In situ incorporation of nanostructured antimony in an N-doped carbon matrix for advanced sodium-ion batteries

Abstract

Herein, a facile one-step and solvent-free pyrolysis method was developed to control the synthesis of nanostructured Sb embedded in an N-doped carbon matrix (Sb@G_xN_y-T, where T, G_x and N_y denote the annealing temperature and the mass (g) of glucose and NH₄Cl used in the process, respectively). By adjusting these parameters, hybrid architectures can be in situ constructed, including hollow Sb embedded in holeless carbon matrixes (Sb@G_0.25N_0.5-950) and Sb nanoplates embedded in holey carbon matrixes (Sb@G_0.25N_0.25-950).

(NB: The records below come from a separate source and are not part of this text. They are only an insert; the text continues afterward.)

//! The latest ends of hops of one location, as they are found.

ghost use Rattle.std.specs.Prelude.{◌≡◌, ℕ, ◌+◌, ◌≤◌, max, false, IfOk, IfSome, Some};
ghost use Rattle.std.specs.Prelude.{slice_get, vec_len};
ghost use Rattle.machine_steps.specs.WaysLeft.{seen_way};
ghost use Rattle.flow_graph.specs.Profile.{MayEnd};
ghost use Rattle.ceiling_rows.specs.Bands.{AreInBands};

use crate::found::{Found, LONGEST_SEARCH};
use crate::row::Edge;
use crate::slot::Slot;
use flow_graph::Hop;
use flow_graph::longest::longest;
use machine_rotation::{Clockwork, Seek};
use machine_steps::Way;
use std::alloc::{AllocError, Global};

/// The numbers of slots go in bands of so many: a band of the drum, or the angles of one location.
pub const BAND: usize = 50;

/// How many bands there are.
pub const BANDS: usize = 44;

/// What hops take at most that lead to one slot.
#[derive(Clone, Copy)]
pub struct Onward {
    /// The most word times until the next instruction is found.
    pub time: u32,
    /// The most until one of them ends, and 49 more.
    pub stop: u32,
    /// One of them that ends last, so that none comes later to the next instruction.
    pub hop: Hop,
}

impl Onward {
    /// The most of this and another, if there is one; where both end at once, the other's hop.
    fn or_longer(self, other: Option<Onward>) -> Onward
        ensures time { self.time ≤ result.time }
        ensures stop { self.stop ≤ result.stop }
        ensures other { IfSome other
            (λ one. (one.time ≤ result.time) × (one.stop ≤ result.stop)) }
    {
        let Some(other) = other else {
            return self;
        };
        let later = if self.stop > other.stop { self } else { other };
        Onward {
            time: self.time.max(other.time),
            stop: later.stop,
            hop: later.hop,
        }
    }
}

/// What the hops take at most that were looked at, of a location whose instruction is found at an
/// angle. One serves for all locations, one after the other, and is emptied where it was written:
/// a location has few hops, and there are many slots.
#[derive(Drop)]
pub struct Raised {
    /// The most word times until one of them ends that leads nowhere, and 49 more; 0 of none.
    pub stop: u32,
    /// One of those that ends last.
    pub last: Option<Hop>,
    /// The most until any of them ends, and 49 more; 0 of none.
    pub most: u32,
    /// What they take by the numbers of where they lead.
    pub onward: Vec<Option<Onward>>,
    /// In which bands of the numbers any may stand; in the others none does.
    pub bands: [bool; BANDS],
    ghost long: { vec_len onward ≡ 2200 },
    pub ghost within: { AreInBands onward.items bands },
}

impl Raised {
    ghost use Rattle.ceiling_rows.specs.Raised.{latest, AreLedTo, GrowsTo, HasNone, IsRaised};

    /// None was looked at.
    pub fn none(alloc: Global) -> Result<Raised, AllocError>
        ensures { IfOk result HasNone }
    {
        Ok(Raised {
            stop: 0,
            last: None,
            most: 0,
            onward: vec![in alloc; None; Slot::COUNT]?,
            bands: [false; BANDS],
        })
    }

    /// Looks at a hop of the location, from when its instruction is found.
    pub fn take(&mut self, from: &Found<'_>, hop: Hop)
        requires { MayEnd hop.instruction (seen_way hop.way) }
        ensures taken { IsRaised from.now self.new hop.instruction (seen_way hop.way) }
        ensures grown { GrowsTo self.old self.new }
        ensures no_more { (most : ℕ) → self.old.most ≤ most
            → latest from.now hop.instruction (seen_way hop.way) + 49 ≤ from.now.angle + most
            → self.new.most ≤ most }
    {
        let angle = from.angle;
        let ended = longest(from.times, from.location, hop, angle);
        let stop = (ended + LONGEST_SEARCH - angle) as u32;
        self.most = self.most.max(stop);
        let Way::To(next) = hop.way else {
            self.end(stop, hop);
            return;
        };
        let found = Seek::of(next).go(ended);
        let time = (found - angle) as u32;
        self.reach(Slot::of(next, found), Onward { time, stop, hop });
    }

    /// A hop that leads nowhere ends so late with 49 word times more.
    fn end(&mut self, stop: u32, hop: Hop)
        ensures most { self.new.most ≡ self.old.most }
        ensures no_less { self.old.stop ≤ self.new.stop }
        ensures told { stop ≤ self.new.stop }
        ensures onward { self.new.onward.items ≡ self.old.onward.items }
    {
        if self.stop < stop {
            self.stop = stop;
            self.last = Some(hop);
        }
    }

    /// A hop leads there that takes so long.
    fn reach(&mut self, slot: Slot, hop: Onward)
        ensures stop { self.new.stop ≡ self.old.stop }
        ensures most { self.new.most ≡ self.old.most }
        ensures there { (onward : Onward) × (slice_get self.new.onward.items slot.number
            ≡ Some (Some onward)) × (hop.time ≤ onward.time) × (hop.stop ≤ onward.stop) }
        ensures grown { GrowsTo self.old self.new }
    {
        let at = usize::from(slot.number);
        self.bands[at / BAND] = true;
        self.onward[at] = Some(hop.or_longer(self.onward[at]));
    }

    /// Forgets all hops that were looked at. Wherever any of them leads, one of these edges does.
    pub fn forget(&mut self, edges: &[Edge])
        requires { AreLedTo self.old.onward.items edges.now }
        ensures { HasNone self.new }
    {
        for edge in edges {
            self.onward[usize::from(edge.onto.number)] = None;
        }
        self.bands = [false; BANDS];
        self.stop = 0;
        self.last = None;
        self.most = 0;
    }
}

Our findings suggest that the formation of diverse nanostructures closely relate to the sublimation and evaporation of Sb, and the structural remold of liquid Sb by surface tension. Benefitting from the unique structural features, these optimized electrodes show highly reversible sodium storage with high specific capacities and good cycling stability. More importantly, this strategy can be further extended to other material systems, such as Sn- and SnO₂ nanodots embedded in a holey carbon matrix. This work presents a new scalable methodology to confine/remold nanostructured materials in a carbon matrix which allows for the future design of functional materials with tunable composition and architecture.